而格裡芬的第二個敵人就沒那麽好對付了。他很靈巧的用盾牌格擋或是躲閃格裡芬的攻擊,等到格裡芬有些接不上氣的時候,瞅準機會,揮舞彎刀對著格裡芬的腰就砍去。
格裡芬心中咯噔一下,自己終究是老了,才砍死一個草原人,就要殉國了嗎?
這是一支箭穿透了草原人的肩胛骨,草原人吃痛,動作遲鈍了一下。這是他身後一個獵人揮舞著大鐵錘,一下子把他的腦袋連同頭盔給砸個稀巴爛。
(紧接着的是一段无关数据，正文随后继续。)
ghost use Rattle.std.specs.Prelude.{◌≡◌, ◌≤◌, ◌⊎◌, ℕ, List, None, Option, Some, false, IfOk, IfErr, IfSome, OnOk, option_map, true, vec_items, IsSome};
ghost use Rattle.command_words.specs.declared.commands.Command.TheVariants.{Watch};
ghost use Rattle.engine_session.specs.Compiler.{Compiled};
ghost use Rattle.engine_session.specs.Standing.{IsBegun, IsIn};
ghost use Rattle.kept_build.specs.Kept.{IsSoundStart, begun_for};
ghost use Rattle.kept_state.specs.Stored.{stored};
ghost use Rattle.outside.specs.Causes.{Caused, Counted};
ghost use Rattle.outside.specs.Cells.{AreSame, Cell};
ghost use Rattle.pan_top.specs.Calls.{CallOf};
ghost use Rattle.pan_top.specs.KeptWatches.{KeptWatchCall};
ghost use Rattle.publication.specs.Listings.{Lists};
ghost use Rattle.publication.specs.Published.{Knows};
ghost use Rattle.row_changes.specs.Stores.{store_of};
ghost use Rattle.site_build.specs.Ends.{IsFailureOf};
ghost use Rattle.site_build.specs.Session.{IsPerhapsOpened, limits_of};
ghost use Rattle.site_build.specs.declared.ends.Device.{Device};
ghost use Rattle.watch.specs.Played.{HasNames};
ghost use Rattle.watch.specs.Shelves.{is_rising};
ghost use Rattle.watch.specs.Sites.{IsReady, MayKeep};
ghost use Rattle.watch.specs.declared.ends.End.TheVariants as ends;
ghost use Rattle.site_build.specs.Scenes.{scene};
ghost use Rattle.pan_top.specs.Watches.{EndsWith, HasListed, IsOpening, PlaysAll, SourceAt, WatchCall, held_by, line_at, status_at};
ghost use Rattle.call_status.specs.declared.status.Status.{Status};

use crate::closing::{close_build, close_kept, say};
use crate::handed_back::{HandedBack, beside, hand_back, hand_back_kept};
use base::{Steps, Text};
use call_status::Status;
use command_words::Work;
use engine_session::{KeptTexts, Works, start};
use keepers::Keeper;
use kept_build::{Found, KeptDevices, KeptWork, open as open_kept};
use kept_state::Kept;
use kept_works::begin;
use outside::{Lines, Shelf, Sink, Source};
use publication::Publisher;
use runner::Runner;
use session::ended_by;
use site_build::{Devices, End, limits, list_shelf, open_shelf, open_source};
use std::alloc::{AllocError, Global};
use std::sync::ledger::Ledger;
use stored_rows::StoredRow;
use watch::{Carried, End as Stop, Site, play};

/// Opens SOURCE and OUT, and knows the names on the shelf.
fn open<S: Source, H: Shelf>(
    alloc: Global,
    work: &Work,
    source: &mut S,
    shelf: &mut H,
) -> Result<Publisher, End>
    requires source_closed { S.opened source.old ≡ None }
    requires shelf_closed { H.opened shelf.old ≡ None }
    ensures knows { IfOk result (λ publisher. Knows publisher (H.cell shelf.new)) }
    ensures most { IfOk result (λ publisher. publisher.most ≡ work.now.most_removed) }
    ensures names { IfOk result (λ publisher. HasListed publisher (H.cell shelf.old)) }
    ensures coming { S.coming source.new ≡ S.coming source.old }
    ensures same { AreSame (H.cell shelf.old) (H.cell shelf.new) }
    ensures changes { H.changes shelf.new ≡ H.changes shelf.old }
    ensures kind { IfErr result IsOpening }
    ensures source_opened { OnOk result (S.opened source.new ≡ Some work.now.source) }
    ensures shelf_opened { OnOk result (H.opened shelf.new ≡ Some work.now.out) }
    ensures source_at { IfErr result (λ e. SourceAt e work.now.source (S.opened source.old)
        (S.opened source.new)) }
    ensures source_perhaps { IsPerhapsOpened work.now.source (S.opened source.old)
        (S.opened source.new) }
    ensures shelf_perhaps { IsPerhapsOpened work.now.out (H.opened shelf.old)
        (H.opened shelf.new) }
    ensures source_cause { Caused (IsFailureOf Device.Source) (S.fault_count source.old)
        (S.fault_count source.new) result }
    ensures shelf_cause { Caused (IsFailureOf Device.Shelf) (H.fault_count shelf.old)
        (H.fault_count shelf.new) result }
{
    open_source(source, work.source.as_str())?;
    open_shelf(shelf, work.out.as_str())?;
    let listed = list_shelf(alloc, shelf)?;
    let publisher = Publisher::new(alloc, &listed, work.most_removed)?;
    Ok(publisher)
}

/// Writes the line of an end of the session, and gives the status.
fn close<O: Sink>(end: Stop, out: &mut O) -> Status
    ensures closes { EndsWith (status_at end) (line_at end) result (O.held out.old)
        (O.held out.new) }
    ensures count { (before : ℕ) → Counted (end ≡ ends.Out) before (O.fault_count out.old)
        → Counted (result ≡ Status.OutFault) before (O.fault_count out.new) }
{
    match end {
        Stop::Lines => say(out, b"lines fault\n", Status::LinesFault),
        Stop::NumbersSpent => say(out, b"numbers spent\n", Status::NumbersSpent),
        Stop::TooMuch => say(out, b"too much\n", Status::TooMuch),
        Stop::TooManyLines => say(out, b"too many lines\n", Status::TooManyLines),
        Stop::Out => Status::OutFault,
        Stop::Memory => Status::Memory,
    }
}

/// Works on lines over a site, as `watch::play` says, and gives the status; behind what was written stands the line of an
/// end that came early.
fn play_site<R: Runner, S: Source, H: Shelf, K: Keeper, N: Lines, O: Sink, L: Ledger>(
    alloc: Global,
    site: &mut Site<R, S, H, K>,
    lines: &mut N,
    out: &mut O,
    steps: &mut Steps<L>,
) -> Status
    requires source_open { IsSome (S.opened site.old.source) }
    requires shelf_open { IsSome (H.opened site.old.shelf) }
    requires store_open { MayKeep K.Keeper site.old.carried }
    requires knows { Knows site.old.publisher (H.cell site.old.shelf) }
    ensures { PlaysAll R.meaning (IsReady R.meaning site.old) (held_by site.old) result
        (scene R.Runner S.Source H.Shelf N.Lines O.Sink site.old.works.runner (record {
          source = site.old.source;
          shelf = site.old.shelf;
          lines = lines.old;
          out = out.old;
        })
        steps.old)
        (scene R.Runner S.Source H.Shelf N.Lines O.Sink site.new.works.runner (record {
          source = site.new.source;
          shelf = site.new.shelf;
          lines = lines.new;
          out = out.new;
        })
        steps.new)
        (store_of K.Keeper site.old.carried.keeper) (store_of K.Keeper site.new.carried.keeper) }
{
    match play(alloc, site, lines, out, steps) {
        Ok(()) => Status::after(ended_by(site.has_faults)),
        Err(end) => close(end, out),
    }
}

/// Works on lines over devices that are open. Rows are kept where these are the ones that the keeper holds.
fn play_all<R: Runner, S: Source, H: Shelf, K: Keeper, N: Lines, O: Sink, L: Ledger>(
    alloc: Global,
    works: Works<R>,
    publisher: Publisher,
    rows: Option<Vec<StoredRow>>,
    devices: KeptDevices<S, H, K, N, O>,
    steps: &mut Steps<L>,
) -> HandedBack<R, S, H, K, N, O>
    requires source_open { IsSome (S.opened devices.devices.source) }
    requires shelf_open { IsSome (H.opened devices.devices.shelf) }
    requires store_open { IfSome (option_map vec_items rows)
        (λ _. IsSome (K.opened devices.keeper)) }
    requires knows { Knows publisher (H.cell devices.devices.shelf) }
    requires rising { is_rising (option_map vec_items rows) ≡ true }
    ensures { PlaysAll R.meaning (IsBegun R.meaning works) (record {
      core = works.engine.core;
      has_taken = false;
      publisher = publisher;
      rows = option_map vec_items rows;
      has_faults = false;
    })
        result.status
        (scene R.Runner S.Source H.Shelf N.Lines O.Sink works.runner devices.devices steps.old)
        (scene R.Runner S.Source H.Shelf N.Lines O.Sink result.works.runner result.devices
        steps.new)
        (store_of K.Keeper devices.keeper) (store_of K.Keeper result.keeper) }
{
    let KeptDevices { devices, keeper } = devices;
    let Devices {
        source,
        shelf,
        lines,
        out,
    } = devices;
    let mut lines = lines;
    let mut out = out;
    let mut site = Site {
        works,
        has_taken: false,
        source,
        shelf,
        publisher,
        carried: Carried {
            keeper,
            rows,
            texts: KeptTexts::new(alloc),
        },
        has_faults: false,
    };
    let status = play_site(alloc, &mut site, &mut lines, &mut out, steps);
    leave(status, site, lines, out)
}

/// Hands back what a site was made of, and the other devices.
fn leave<R: Runner, S: Source, H: Shelf, K: Keeper, N: Lines, O: Sink>(
    status: Status,
    site: Site<R, S, H, K>,
    lines: N,
    out: O,
) -> HandedBack<R, S, H, K, N, O>
    ensures status { result.status ≡ status }
    ensures works { result.works ≡ site.works }
    ensures devices { result.devices ≡ record {
      source = site.source;
      shelf = site.shelf;
      lines = lines;
      out = out;
    } }
    ensures keeper { result.keeper ≡ site.carried.keeper }
{
    let Site {
        works,
        has_taken: _has_taken,
        source,
        shelf,
        publisher: _publisher,
        carried,
        has_faults: _has_faults,
    } = site;
    let devices = Devices {
        source,
        shelf,
        lines,
        out,
    };
    let Carried {
        keeper,
        rows: _rows,
        texts: _texts,
    } = carried;
    beside(hand_back(status, works, devices), keeper)
}

/// A watcher that keeps no rows.
fn watch_unkept<R: Runner, S: Source, H: Shelf, K: Keeper, N: Lines, O: Sink, L: Ledger>(
    alloc: Global,
    work: &Work,
    works: Works<R>,
    devices: Devices<S, H, N, O>,
    keeper: K,
    steps: &mut Steps<L>,
) -> HandedBack<R, S, H, K, N, O>
    requires source_closed { S.opened devices.source ≡ None }
    requires shelf_closed { H.opened devices.shelf ≡ None }
    ensures call { WatchCall R.meaning work.now result.status
        (scene R.Runner S.Source H.Shelf N.Lines O.Sink works.runner devices steps.old)
        (scene R.Runner S.Source H.Shelf N.Lines O.Sink result.works.runner result.devices
        steps.new)
        (store_of K.Keeper keeper) }
    ensures store { store_of K.Keeper result.keeper ≡ store_of K.Keeper keeper }
{
    let mut works = works;
    let mut devices = devices;
    let publisher = match open(alloc, work, &mut devices.source, &mut devices.shelf) {
        Ok(publisher) => publisher,
        Err(end) => {
            let status = close_build(alloc, &end, &mut devices.out);
            return beside(hand_back(status, works, devices), keeper);
        }
    };
    let Ok(()) = start(alloc, &mut works, limits(work), work.directories.as_slice()) else {
        return beside(hand_back(Status::Memory, works, devices), keeper);
    };
    let devices = KeptDevices { devices, keeper };
    play_all(alloc, works, publisher, None, devices, steps)
}

/// Knows the names on the shelf, and makes the engine one that goes on from what was kept, where that fits the work.
fn go_on<R: Runner>(
    alloc: Global,
    work: &Work,
    works: &mut Works<R>,
    listed: &[Text],
    kept: Kept,
) -> Result<Publisher, AllocError>
    ensures knows { IfOk result (λ publisher. (cell : List ℕ → Cell) → Lists listed.now cell
        → Knows publisher cell) }
    ensures names { IfOk result (λ publisher. HasNames publisher listed.now) }
    ensures most { IfOk result (λ publisher. publisher.most ≡ work.now.most_removed) }
    ensures at { OnOk result (IsIn work.now.directories (limits_of work.now) works.new.engine.core
        (begun_for work.now (stored kept))) }
    ensures begun { OnOk result (IsSoundStart R.meaning work.now (stored kept)
        → IsBegun R.meaning works.new) }
    ensures runs { R.runs_of works.new.runner ≡ R.runs_of works.old.runner }
{
    let publisher = Publisher::new(alloc, listed, work.most_removed)?;
    begin(
        alloc,
        works,
        limits(work),
        work.directories.as_slice(),
        Some(kept),
    )?;
    Ok(publisher)
}

/// A watcher that goes on from the rows of an earlier run, where these fit its work, and keeps its own behind each build.
fn watch_kept<R: Runner, S: Source, H: Shelf, K: Keeper, N: Lines, O: Sink, L: Ledger>(
    alloc: Global,
    request: &KeptWork<'_>,
    works: Works<R>,
    devices: KeptDevices<S, H, K, N, O>,
    steps: &mut Steps<L>,
) -> HandedBack<R, S, H, K, N, O>
    requires source_closed { S.opened devices.devices.source ≡ None }
    requires shelf_closed { H.opened devices.devices.shelf ≡ None }
    requires store_closed { K.opened devices.keeper ≡ None }
    ensures { KeptWatchCall R.meaning request.now.work.now request.now.file.now result.status
        (scene R.Runner S.Source H.Shelf N.Lines O.Sink works.runner devices.devices steps.old)
        (scene R.Runner S.Source H.Shelf N.Lines O.Sink result.works.runner result.devices
        steps.new)
        (store_of K.Keeper devices.keeper) (store_of K.Keeper result.keeper) }
{
    let mut works = works;
    let mut devices = devices;
    let found = match open_kept(alloc, request, &mut devices) {
        Ok(found) => found,
        Err(end) => {
            let status = close_kept(alloc, &end, &mut devices.devices.out);
            return hand_back_kept(status, works, devices);
        }
    };
    let Found { listed, rows, kept } = found;
    let Ok(publisher) = go_on(alloc, request.work, &mut works, &listed, kept) else {
        return hand_back_kept(Status::Memory, works, devices);
    };
    play_all(alloc, works, publisher, Some(rows), devices, steps)
}

/// Works on lines, one after the other, until they end or one is `quit`, as `watch::play` says. The status tells whether
/// the last report had an object with a fault, or why the session ended before its lines did; behind what was written
/// stands the line of such an end. Rows are kept where the words name a file of them.
pub fn watch<R: Runner, S: Source, H: Shelf, K: Keeper, N: Lines, O: Sink, L: Ledger>(
    alloc: Global,
    work: &Work,
    works: Works<R>,
    devices: Devices<S, H, N, O>,
    keeper: K,
    steps: &mut Steps<L>,
) -> HandedBack<R, S, H, K, N, O>
    requires source_closed { S.opened devices.source ≡ None }
    requires shelf_closed { H.opened devices.shelf ≡ None }
    requires store_closed { K.opened keeper ≡ None }
    ensures { CallOf R.meaning (Some (Watch work.now)) result.status
        (scene R.Runner S.Source H.Shelf N.Lines O.Sink works.runner devices steps.old)
        (scene R.Runner S.Source H.Shelf N.Lines O.Sink result.works.runner result.devices
        steps.new)
        (store_of K.Keeper keeper) (store_of K.Keeper result.keeper) }
{
    let Some(file) = &work.state else {
        return watch_unkept(alloc, work, works, devices, keeper, steps);
    };
    let request = KeptWork {
        work,
        file: file.as_str(),
    };
    watch_kept(
        alloc,
        &request,
        works,
        KeptDevices { devices, keeper },
        steps,
    )
}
格裡芬轉身看了下城下,一堆黑岩軍團的弓箭手在那裡輸出著。已經看不到是誰救的他了。
這樣的戰鬥從早上一直持續到了正午。一波波草原人爬上城牆,又被從城牆上趕了下去。
草原人攻勢最猛烈的時候,狼旗一度插上了小半個城牆,但是最終都被黑岩軍團把城牆給奪了回來。 “黑岩城,果然比教堂要難打的多啊。”薩拉丁站在秋日的驕陽下,看著遠方的戰鬥,感歎道。
“不僅僅是城牆,城裡也修建了大大小小數十個要塞。進了城,也是一番惡戰。”尹稚斜補充道。
“老弟啊。你的那些獸人整天除了吃喝,就是睡大覺,這節骨眼,也該讓他們出點力了吧。”穆拉丁提議道。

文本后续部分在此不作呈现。